Supporting the social institutions that make the success of the affluent possible will only look like “redistribution of wealth” to those who have it in their head that their income before taxes is their own wealth that is being taken from them to pay for the needs of others. People who see things this way already have grabbed more than they are entitled to.
We live cradle to grave supported by an intricate social and technological infrastructure. As is the want of human beings, we are quick to take all the credit for our success and project all of the blame for our failures onto the external world. Neither inclination is correct very often. But when taking credit for all of our successes manifests itself in reluctance to support the social institutions and arrangements that have made our success possible, we become freeloaders.
Quite a few institutionalized practices tilt the scales in favor of the well to do in such a way that their affluence is, to a significant degree, the product of those social arrangements. Perhaps the most significant example is public education. The high earners in our society are very often the success stories of public education from K-12 through the state university. Even those who come from a wealthy background and enjoyed the benefits of elite private education have depended on publicly educated employees and associates through all of their business endeavors. Public education plays such a large and pervasive role in the development and sustenance of our affluent high-tech society that virtually no lasting economic achievement in this society could happen without public education. Looking ahead to the innovations and skills that will drive future economic development, we neglect adequately funding education at our own peril.
Much the same could be said for publicly financed research at our universities. We frequently look to the achievements of information technology companies like Microsoft as models of private sector initiative and wealth creation. But the very possibility of businesses like Microsoft is the product of decades of public investment in basic research by public institutions like universities and the military. More specifically, the development of information technology is also the product of public investment in basic research by, yes, philosophers. We could not have information technology as we know it and all of the economic growth it has brought over the past few decades without having paid the salaries of philosophy professors like Bertrand Russell and Alfred North Whitehead who developed the formal logic that provides the theoretical foundation for programming languages.

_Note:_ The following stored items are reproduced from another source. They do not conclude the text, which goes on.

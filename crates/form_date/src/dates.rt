// The date.
ghost use Rattle.std.specs.Prelude.{◌≡◌, option_map};
ghost use Rattle.digits.specs.Sign.{Under};
ghost use Rattle.form_date.specs.Calendar.{days_in, is_date, leap_year};
ghost use Rattle.form_date.specs.Dates.{date_at, date_six, date_three, full_year, no_date};

use digits::pair::pair_at;

// Which of the fields is wrong, counted from 1, or 0 for none; whether the date is there; and its
// parts, 0 where it is missing or wrong.
#[derive(Clone, Copy, Default)]
pub struct GotDate {
    pub wrong: u8,
    pub there: bool,
    pub day: u32,
    pub month: u32,
    pub year: u32,
}

// Whether a year has a 29th of February.
fn is_leap(year: u32) -> bool
    ensures { result ≡ leap_year year }
{
    (year % 4 == 0 && year % 100 != 0) || year % 400 == 0
}

// The days of a month, counted from 1; 0 for what is no month.
fn days_in(month: u32, year: u32) -> u32
    ensures { result ≡ days_in month year }
{
    match month {
        2 if is_leap(year) => 29,
        2 => 28,
        4 | 6 | 9 | 11 => 30,
        1..=12 => 31,
        _ => 0,
    }
}

// Whether there is such a date from 1980 to 2079.
pub fn is_date(day: u32, month: u32, year: u32) -> bool
    ensures { result ≡ is_date day month year }
{
    1980 <= year && year <= 2079 && 1 <= day && day <= days_in(month, year)
}

// No date: missing where `wrong` is 0.
fn no_date(wrong: u8) -> GotDate
    ensures { result ≡ no_date wrong }
{
    GotDate {
        wrong,
        ..GotDate::default()
    }
}

// The date of a day, a month and a year, which stand in the fields `a`, `b` and `c`. The first that is
// none is wrong, and the last where there is no such date.
fn date_at(day: Option<u32>, month: Option<u32>, year: Option<u32>, a: u8, b: u8, c: u8) -> GotDate
    ensures { result ≡ date_at a b c day month year }
{
    let Some(day) = day else {
        return no_date(a);
    };
    let Some(month) = month else {
        return no_date(b);
    };
    let Some(year) = year else {
        return no_date(c);
    };
    if !is_date(day, month, year) {
        return no_date(c);
    }
    GotDate {
        wrong: 0,
        there: true,
        day,
        month,
        year,
    }
}

// The year that two digits mean.
fn full_year(n: Option<u32>) -> Option<u32>
    requires { Under 100 n }
    ensures { result ≡ option_map full_year n }
{
    let yy = n?;
    Some(if yy < 80 { 2000 + yy } else { 1900 + yy })
}

// `290200`: day, month and year in one field; an empty one is missing, and any other than a real date
// from 1980 to 2079 is wrong.
pub fn six(f: &[u8]) -> GotDate
    ensures { result ≡ date_six f.now }
{
    if f.is_empty() {
        return no_date(0);
    }
    if f.len() != 6 {
        return no_date(1);
    }
    date_at(
        pair_at(f, 0),
        pair_at(f, 2),
        full_year(pair_at(f, 4)),
        1,
        1,
        1,
    )
}

// `29,02,2000`: day, month and year in a field each; all are empty, and then missing, or none. The
// first wrong field is refused, and the last where there is no such date.
pub fn three(day: &[u8], month: &[u8], year: &[u8]) -> GotDate
    ensures { result ≡ date_three day.now month.now year.now }
{
    if day.is_empty() {
        return if !month.is_empty() {
            no_date(2)
        } else if !year.is_empty() {
            no_date(3)
        } else {
            no_date(0)
        };
    }
    let d = form::got::within(digits::digits(day, 2, 2), 1, 31);
    let m = form::got::within(digits::digits(month, 2, 2), 1, 12);
    date_at(d, m, digits::digits(year, 4, 4), 1, 2, 3)
}
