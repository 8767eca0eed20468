// The command PIRSR and its reply PIRSA.
#![tactic(auto)]

pub mod command;
pub mod reply;
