// The rows of a table, put for numbers in the same order.
ghost use Rattle.std.specs.Prelude.{◌≡◌, drop};
ghost use Rattle.put.specs.Wrote.{held, Puts};
ghost use Rattle.words.specs.Table.{is_silent, number, step_text, step_state, step_taken, filled};

use crate::form_words;

// What comes next in a table: a name or a unit, a form, or a unit that is passed over.
#[derive(Clone, Copy)]
enum Mode {
    Name,
    Form,
    Passed,
}

// Whether a byte of a table that is no form puts nothing.
fn is_silent(q: Mode, b: u8) -> bool
    ensures { result ≡ is_silent (number q) b }
{
    match q {
        Mode::Name | Mode::Form => b == b'%',
        Mode::Passed => b != b'\n',
    }
}

// What a byte of a table puts.
fn put_step(out: &mut [u8], at: usize, q: Mode, b: u8, numbers: &[i64]) -> usize
    ensures { Puts (held at out.old) (step_text (number q) b numbers.now) (held result out.new) }
{
    match q {
        Mode::Form => form_words::put_value(out, at, b, numbers),
        Mode::Name | Mode::Passed => {
            if is_silent(q, b) {
                return at;
            }
            put::put(out, at, b)
        }
    }
}

// The state that it leaves.
fn state(q: Mode, b: u8, numbers: &[i64]) -> Mode
    ensures { number result ≡ step_state (number q) b numbers.now }
{
    match q {
        Mode::Form => {
            if form_words::is_sent(b, numbers) {
                Mode::Name
            } else {
                Mode::Passed
            }
        }
        Mode::Name | Mode::Passed => {
            if b == b'%' {
                return Mode::Form;
            }
            if is_silent(q, b) {
                Mode::Passed
            } else {
                Mode::Name
            }
        }
    }
}

// How many numbers it takes.
fn taken(q: Mode, b: u8) -> usize
    ensures { result ≡ step_taken (number q) b }
{
    match q {
        Mode::Form => form_words::taken(b),
        Mode::Name | Mode::Passed => 0,
    }
}

// Puts the rows of `table` for the numbers from place `from` on.
pub(crate) fn put_table(
    out: &mut [u8],
    at: usize,
    table: &[u8],
    numbers: &[i64],
    from: usize,
) -> usize
    ensures { Puts (held at out.old) (filled 0 table.now (drop from numbers.now))
        (held result out.new) }
{
    let mut a = at;
    let mut n = form_words::past(numbers, 0, from);
    let mut q = Mode::Name;
    for &b in table {
        let left = &numbers[n..];
        a = put_step(out, a, q, b, left);
        n = form_words::past(numbers, n, taken(q, b));
        q = state(q, b, left);
    }
    a
}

Once the Lockean conception of property rights as sacrosanct expressions of human liberty is uprooted, we need to reconsider just how we ought to think of property rights. I think Locke is on to an important piece, namely that we should get to enjoy the fruits of our efforts without others freeloading off of our efforts. But the question of who is freeloading under what circumstances is much more subtle and complex than Locke could have imagined in the absence of more contemporary sociological factors and insights. As we’ll see shortly,the most influential liberal political philosopher of the 20th century, John Rawls, incorporates this anti-freeloading piece into his conception of justice as fairness.